* **WORK INSTRUCTIONS**
Copy out every line of the records where the string "ensures" occurs.

* **EXTRACTED MATERIAL**
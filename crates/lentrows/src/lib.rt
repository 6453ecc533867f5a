//! The analysis on the caller's own list of rows, which is only read, with the bounds written into a lent list.
#![tactic(auto)]

ghost use Rattle.std.specs.Prelude.{◌≡◌, ◌≤◌, [], length};
ghost use Rattle.quantities.specs.Limits.{row_capacity};
ghost use Rattle.quantities.specs.Table.{rows_of};
ghost use Rattle.quantities.specs.Lengths.{numbers};
ghost use Rattle.windows.specs.Answer.{judged_into};
ghost use Rattle.windows.specs.declared.Answer.TheVariants.{Refused};
ghost use Rattle.lentrows.specs.Loaded.{loaded_table};
ghost use Rattle.lentrows.specs.Lent.{LentAnalysis, front_replaced, shown_by, told_of};

use analysis::Analysis;
use quantities::{Fault, Row, Table, Ticks};
use windows::Answer;

// What the caller is told: the answer, the bounds, and how many of these are to be written.
// Kept: bounds and how many beside the answer, since ToldAnswer says of a fault too that no bound is to be written.
#[derive(Clone, Copy, Debug, PartialEq, Eq)]
pub struct Told {
    pub answer: Answer,
    pub bounds: [Ticks; Table::ROW_CAPACITY],
    pub shown: usize,
}

// Kept: beside exports' own, whose rows are triples.
// The table of the rows of a lent list.
#[tactic(auto, unfolding(crate::specs::Loaded::loaded))]
fn load(rows: &[Row]) -> Table
    ensures { result ≡ loaded_table rows.now }
{
    let mut table = Table::empty();
    for row in rows {
        table.push(*row);
    }
    table
}

// How many rows of this many have a bound where this is the answer.
#[tactic(auto, unfolding(crate::specs::Lent::shown_by))]
fn shown_by(answer: Answer, count: usize) -> usize
    ensures { result ≡ shown_by answer count }
{
    match answer {
        Answer::Shown => count,
        Answer::NotShown(_, place) => place.saturating_sub(1),
        Answer::Refused(_) => 0,
    }
}

// Told with no bound: a fault.
#[tactic(auto, unfolding(crate::specs::Lent::told_of, quantities::specs::Lengths::in_array))]
fn refused(fault: Fault) -> Told
    ensures { result ≡ told_of (record { answer = Refused fault; bounds = [] }) }
{
    Told {
        answer: Answer::Refused(fault),
        bounds: [Ticks(0); Table::ROW_CAPACITY],
        shown: 0,
    }
}

// What is told of a table where the bounds list has this many entries: checks 1 to 6, then 7, then the search.
pub fn answer_for(cores: u32, table: Table, entries: usize) -> Told
    ensures { result ≡ told_of (judged_into cores entries (rows_of table)) }
{
    if let Err(fault) = table.check(cores) {
        return refused(fault);
    }
    if entries < table.count {
        return refused(Fault::WholeList(7));
    }
    let Analysis { answer, bounds } = analysis::analyse(cores, table);
    let shown = shown_by(answer, table.count);
    Told {
        answer,
        bounds,
        shown,
    }
}

// Kept: beside exports' own, which writes numbers.
// Writes the bounds told into the first entries of a lent list.
fn write_bounds(told: Told, bounds: &mut [Ticks])
    requires { (told.shown ≤ row_capacity) × (told.shown ≤ length bounds.old) }
    ensures { bounds.new ≡ front_replaced told.shown told.bounds bounds.old }
{
    bounds[..told.shown].copy_from_slice(&told.bounds[..told.shown]);
}

// The answer to the caller's list of rows, which is only read, with its bounds in the first entries of a lent list.
pub fn analyse_list(cores: u32, rows: &[Row], bounds: &mut [Ticks]) -> Answer
    ensures { LentAnalysis (judged_into cores (length bounds.old) rows.now)
        (numbers bounds.old) (numbers bounds.new) result }
{
    let table = load(rows);
    let told = answer_for(cores, table, bounds.len());
    write_bounds(told, bounds);
    told.answer
}
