// The numbers of an answer, as 01's table has them.
#![tactic(auto)]

ghost use Rattle.std.specs.Prelude.{◌≡◌};
ghost use Rattle.rules.specs.Answers.{answer_number, answer_detail, numbers};

use rules::{Answer, Report};

// The column "No." of 01's table of answers. (`as` would number only an enum without details.)
#[tactic(auto, unfolding(rules::specs::Answers::answer_number))]
pub fn number_of(a: Answer) -> u32
    ensures { result ≡ answer_number a }
{
    match a {
        Answer::Done => 0,
        Answer::Exit(_) => 1,
        Answer::Lend => 2,
        Answer::Spent => 3,
        Answer::Room(_) => 4,
        Answer::Unclosed(_) => 5,
        Answer::Name => 6,
        Answer::Number => 7,
        Answer::Expression => 8,
        Answer::Divisor => 9,
        Answer::Mark => 10,
        Answer::NoText => 11,
        Answer::Gone => 12,
        Answer::Deep => 13,
        Answer::BadSet => 14,
        Answer::NoItem => 15,
        Answer::NoDefinition => 16,
    }
}

// The column "Detail".
#[tactic(auto, unfolding(rules::specs::Answers::answer_detail))]
pub fn detail_of(a: Answer) -> u32
    ensures { result ≡ answer_detail a }
{
    match a {
        Answer::Exit(detail) | Answer::Room(detail) | Answer::Unclosed(detail) => detail,
        _ => 0,
    }
}

// All six: number, detail, completed steps, place, count of output bytes and count of error bytes.
#[tactic(auto, unfolding(rules::specs::Answers::numbers))]
pub fn numbers_of(r: Report) -> [u32; 6]
    ensures { result ≡ numbers r }
{
    let answer = r.answer;
    [
        number_of(answer),
        detail_of(answer),
        r.steps,
        r.place,
        r.output,
        r.errors,
    ]
}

* **EXPECTED OUTPUT**
    ensures { result ≡ loaded_table rows.now }
    ensures { result ≡ shown_by answer count }
    ensures { result ≡ told_of (record { answer = Refused fault; bounds = [] }) }
    ensures { result ≡ told_of (judged_into cores entries (rows_of table)) }
    ensures { bounds.new ≡ front_replaced told.shown told.bounds bounds.old }
    ensures { LentAnalysis (judged_into cores (length bounds.old) rows.now)
    ensures { result ≡ answer_number a }
    ensures { result ≡ answer_detail a }
    ensures { result ≡ numbers r }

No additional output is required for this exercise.